SECTION 5 — ECONOMY AND ENERGY

  • Economy Type: Predominantly subsistence and labour-intensive agrarian. Trade occurs through barter at community and inter-regional levels. The primary “currency” is food, fuel, and skilled labour.
  • Agriculture: Dominant sector (40–60% of workforce). Transition from mechanised monoculture to labour-intensive production required a decade of adaptation.
  • Coal: Principal energy source. Partial extraction resumed at multiple coalfields in Scotland, Yorkshire, and South Wales. Primary uses include domestic heating, cooking, and limited electricity generation.
  • Electricity: A limited regional electrical grid is operational in some areas by 1999. Production is small-scale, coal-generated, and geographically confined to administrative and industrial centres.
  • Oil and Petroleum: Estimated production of 5,000–10,000 barrels/day total, primarily from Wytch Farm and limited onshore wells. Petroleum use is strictly rationed for seasonal agricultural mechanisation and essential logistics only.
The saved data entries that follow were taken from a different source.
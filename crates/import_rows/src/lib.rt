//! Answers rows by `yacc_import`: a file of rows is returned with what is answered to each of its texts in place of the stored
//! answer, so that a file of right answers stays as it is. The program `rows` prints these. `row_files` says the form of the
//! files. An answer is the text of the import, each line behind `>`, or `refused` with the fault and its byte offset. Below a
//! heading `= import notes` the notes follow: the kind, the range in the source, and behind `:` the text that is put. Below a
//! heading `= leave out START-END` or `= put TEXT in START-END` a note of this range is applied, not those that `import` finds.
#![tactic(auto)]

mod answer;

pub use answer::answer_file;
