//! Grammars of texts.

use cfgrammar::yacc::{YaccGrammar, YaccGrammarMakeError, YaccKind, YaccOriginalActionKind};
use std::alloc::Global;
use std::test::*;

pub const TREE: YaccKind = YaccKind::Original(YaccOriginalActionKind::GenericParseTree);

/// Makes the grammar of a text that has one.
pub fn grammar_of(alloc: Global, text: &str) -> Result<YaccGrammar<u8>, Fail> {
    match YaccGrammar::new_with_storaget(alloc, TREE, text) {
        Ok(grm) => Ok(grm),
        Err(YaccGrammarMakeError::Memory(e)) => Err(e.into()),
        Err(refusal) => {
            drop(refusal);
            Err("no grammar".into())
        }
    }
}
SECTION 6 — TRANSPORT AND COMMUNICATIONS

  • Road Transport: Major roads are physically intact but functionally unusable at scale due to exhausted fuel, lack of maintenance, and debris. Horses and oxen are the dominant means of transport.
  • Rail and Air: No functional rail network and no civilian or military aviation.
  • Telecommunications: National telephone and broadcast networks are non-functional. Limited radio is operational in some governance centres for agricultural and security notices.
  • Knowledge Preservation: Libraries and technical manuals are treated as strategic assets. Formal instruction — though limited — is provided to the post-war generation to prevent total knowledge regression.